Generative Adversarial Network (GAN) is a type of ML technique composed of two deep neural networks competing with each other in a zero-sum game framework. GAN runs typically in the unsupervised fashion; thus, it can help reduce the dependency of deep learning models on the amount of labeled training data.

NLP is another algorithmic trend that is driving ML advancement, particularly in the area of virtual home and office assistants. Similarly to neural networks, NLP is algorithmic based vocal- and word-based recognition. As more AI companies adopt these trends and execute on top of their ML foundation, they will be successful.

Key Considerations in Building an AI System

A solid data pipeline and a great data science toolbox are key to building an effective AI-driven system. We’ve only recently gained access to nearly unlimited compute power and storage in the cloud, which has, in turn, allowed for incredible data collection and analysis. With the right volume and quality of data, as well as the nurturing of data science programs, ML will advance quickly and bring companies closer to achieving true AI.

Almost any college graduate can build and train a deep learning model using tools such Python, TensorFlow and Keras. To bring an AI solution to production, you need tools such as Spark, Kubernetes and Docker to allow the collection and creation of large labeled datasets and data pipelines

There are many open source tools, like TensorFlow, Keras, and Mllib, which dramatically reduce the effort and knowledge required of building a ML – even DL – model, but bringing a solution to production requires the whole ecosystem of AI primitives, including data acquisition and labelling, data processing pipeline, model execution, post deployment validation and continuous model improvement.

In addition, there are other factors determining the success of an AI solution.
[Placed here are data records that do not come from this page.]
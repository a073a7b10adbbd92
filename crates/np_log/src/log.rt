//! The place of a log.

ghost use Rattle.std.specs.Prelude.{◌≡◌, ◌≤◌, ◌+◌, ◌*◌};

use std::marker::Model;

/// A log on a disk, at its last gate. Contracts see it as a `Place`.
#[derive(Drop)]
pub struct Log {
    /// How many bytes are before the last gate. It only rises.
    pub(crate) gate: u64,
    /// How many events are before it, at most 262,144. It only rises.
    pub(crate) events: u32,
}

impl Model for Log {
    ghost use Rattle.std.specs.Prelude.{◌≤◌, ◌+◌, ◌*◌};
    ghost use Rattle.np_log.specs.Place.{Place};

    ghost Value = { Place };

    ghost view = { λ log. record { gate = log.gate; events = log.events } };

    // A record takes at most 2 ^ 32 + 4 bytes, and each but record 0 has an event.
    ghost invariant = { λ log. (log.events ≤ 262144) × (log.gate ≤ (log.events + 1) * 4294967300) };
}

impl Log {
    ghost use Rattle.std.specs.Prelude.{◌≡◌};

    /// How many events the log has. It makes no call of the disk.
    pub fn events(&self) -> u32
        ensures { result ≡ self.now.events }
    {
        self.events
    }
}

/// The log behind a record that was written at this gate, with the gate behind it: `size` bytes and
/// `added` events more.
pub(crate) fn log_behind(gate: u64, events: u32, size: usize, added: usize) -> Log
    requires size { size ≤ added * 4294967300 }
    requires near { gate ≤ (events + 1) * 4294967300 }
    requires few { events + added ≤ 262144 }
    ensures { result ≡ record { gate = gate + size; events = events + added } }
{
    Log {
        gate: gate + size as u64,
        events: events + added as u32,
    }
}
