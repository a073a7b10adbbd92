//! The log of a site on a disk: its configuration, and its events in order.
//!
//! The bytes are gates and records in turn (docs/LOG.md). A gate is one byte, open if it is 1 and
//! closed otherwise, and the log ends at its first closed gate. A record is synced before its gate
//! is opened, by a write of one byte. So at every moment a crash leaves the log with the whole
//! record or without it.
//!
//! Read `specs/Batch` and `specs/Log`, which say what bytes mean, then `specs/Place`, which says
//! what a crash leaves, and `specs/Cause`. Then read `log`, `create`, `load`, `append` and
//! `append_all` for the calls, and `law` for worked bytes. `specs/Writing` and `specs/Walking` are
//! for the functions below the calls, in `gate` and `walk`.
//!
//! Between calls there is only one image of the disk that a crash may leave, and the log in it ends
//! where the [`Log`] says. After an [`AppendFault::DiskFault`] the log has to be loaded again.
#![tactic(auto)]

mod append;
mod append_all;
mod bytes;
mod create;
mod fault;
mod gate;
mod law;
mod load;
mod log;
mod walk;

pub use fault::{AppendFault, CreateFault, LoadFault};
pub use law::{
    a_batch_is_its_event_lines, a_line_is_short, a_worked_log_says_its_events,
    damage_has_its_number,
};
pub use load::Loaded;
pub use log::Log;
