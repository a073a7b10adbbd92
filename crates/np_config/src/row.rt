//! The rows of the configuration's tables.

ghost use Rattle.std.specs.Prelude.{◌≡◌};
ghost use Rattle.np_config.specs.Word.{fault_kind_of, fault_kind_word};

use np_amount::{Amount, Limit};
use np_lists::Items;
use np_text::{EndAs, LabelId, RequesterId, Role, SemId, TenantId};

/// The bytes of a name.
pub type Name = Items<u8>;
/// What a pool offers.
pub type OfferList = Items<Offer>;
/// Numbers of starts.
pub type NumberList = Items<u32>;
/// The labels that a job requests.
pub type LabelList = Items<LabelId>;
/// The semaphores that a job takes.
pub type SemList = Items<SemId>;

/// A label: a kind of node that jobs ask for (Nodepool).
#[derive(Drop)]
pub struct Label {
    pub name: Name,
    /// How many free ready nodes are kept, 0 to 1,000.
    pub min_ready: u32,
    /// After how many ticks an unused ready node is removed, 0 to 1,000,000; 0 is never.
    pub max_ready_age: u32,
}

/// A provider of nodes (Nodepool).
#[derive(Drop)]
pub struct Provider {
    pub name: Name,
    /// The total number of attempts to launch a node, 1 to 16.
    pub retries: u8,
    /// How many requests its launchers may work on at the same time, 1 to 4,096; `None` is no limit.
    pub concurrency: Option<u32>,
}

/// A label that a pool offers, and what a node of it takes.
#[derive(Clone, Copy, PartialEq, Eq)]
pub struct Offer {
    pub label: LabelId,
    /// One instance, 0 to 1,000 cores, and 0 to 1,000,000 MiB of ram.
    pub amount: Amount,
}

/// A pool of a provider (Nodepool).
#[derive(Drop)]
pub struct Pool {
    /// The place of its provider.
    pub provider: u16,
    pub name: Name,
    pub limit: Limit,
    pub offers: OfferList,
    /// Which starts of the pool fail in the simulated cloud, rising, from 1.
    pub fail_starts: NumberList,
}

/// A semaphore (Zuul).
#[derive(Drop)]
pub struct Sem {
    pub name: Name,
    /// How many jobs may have a handle at the same time, 1 to 4,096.
    pub max: u32,
}

/// A tenant, to which jobs belong (Zuul).
#[derive(Drop)]
pub struct Tenant {
    pub name: Name,
    /// What the nodes of its jobs may take, in the ranges of a pool's limits.
    pub limit: Limit,
}

/// A requester of nodes.
#[derive(Drop)]
pub struct Requester {
    pub name: Name,
    /// How many of its jobs are worked on at the same time, 1 to 4,096.
    pub window: u32,
}

/// A job of a requester.
#[derive(Drop)]
pub struct Job {
    pub requester: RequesterId,
    pub name: Name,
    /// 1 to 32 labels, repeats allowed.
    pub labels: LabelList,
    /// 100 high, 200 normal, 300 low.
    pub priority: u16,
    /// 0 to 1,000,000; lower goes first.
    pub relative_priority: u32,
    /// At most 8 semaphores, no repeats.
    pub semaphores: SemList,
    /// Whether the nodes are requested before the semaphores are taken (Zuul's `resources-first`).
    pub resources_first: bool,
    /// The state in which its nodes are left.
    pub end: EndAs,
    /// 0 is the tenant `default`, and those of the configuration count from 1.
    pub tenant: TenantId,
}

/// What happens to a session when its fault is due.
#[derive(Clone, Copy, PartialEq, Eq)]
pub enum FaultKind {
    /// Its session expires.
    Expire,
    /// It stops, its session expires, and the role continues with a new one.
    Crash,
    /// It stops for good.
    Stop,
}

impl FaultKind {
    /// Each of them once.
    pub const ALL: [FaultKind; 3] = [FaultKind::Expire, FaultKind::Crash, FaultKind::Stop];

    /// The word of the kind.
    pub fn word(self) -> &'static str
        ensures { result.now ≡ fault_kind_word self }
    {
        match self {
            FaultKind::Expire => "expire",
            FaultKind::Crash => "crash",
            FaultKind::Stop => "stop",
        }
    }

    /// The kind of this word.
    pub fn from_word(text: &[u8]) -> Option<FaultKind>
        ensures { result ≡ fault_kind_of text.now }
    {
        FaultKind::ALL
            .iter()
            .copied()
            .find(|kind| text == kind.word().as_bytes())
    }
}

/// A planned fault of a role.
#[derive(Clone, Copy, PartialEq, Eq)]
pub struct Fault {
    /// A launcher, a janitor or a requester.
    pub role: Role,
    pub kind: FaultKind,
    /// After how many acts of the role it is due, 0 to 262,144.
    pub after: u32,
}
These include how to leverage and integrate human knowledge and heuristics while developing machine intelligence; how to build human trust in the step-by-step process of automation, augmentation and autonomy; and how to accelerate knowledge learning and sharing across different customers without compromising individuals’ privacy information.

Real-World Use Case for Neural Networks and ML

As virtual home assistants have become commonplace across America, virtual assistants for the enterprise are gaining traction as a prime use case for the predictive capabilities of neural networks and ML algorithms. For example, Dartmouth College, an Ivy League university, has implemented an AI-driven virtual network assistant, Marvis, which provides insight into Wireless LAN (WLAN) behavior and offers expert guidance for rapid Wi-Fi troubleshooting.

Marvis uses NLP to provide Dartmouth’s network administrators with answers to questions such as, “How are the Wi-Fi access points in Baker-Berry Library performing?” With each question posed, the assistant leverages its neural network and becomes more accurate and more confident over time, improving the ML data set and resulting insights. Dartmouth is also leveraging an AI-driven RF planning system that automatically learns and optimizes the Wi-Fi channel and power settings by leveraging reinforcement learning with the reward being improved user experience on the network that drives the learning algorithms.

We are seeing the convergence of several different technologies such as compute, storage and large data sets that are enabling AI, disrupting segments in our society involving images, voice, healthcare and automotive with real world implementations. As adoption continues, and AI becomes more advanced, we will see further developments in AI that, ultimately, disrupt our daily lives.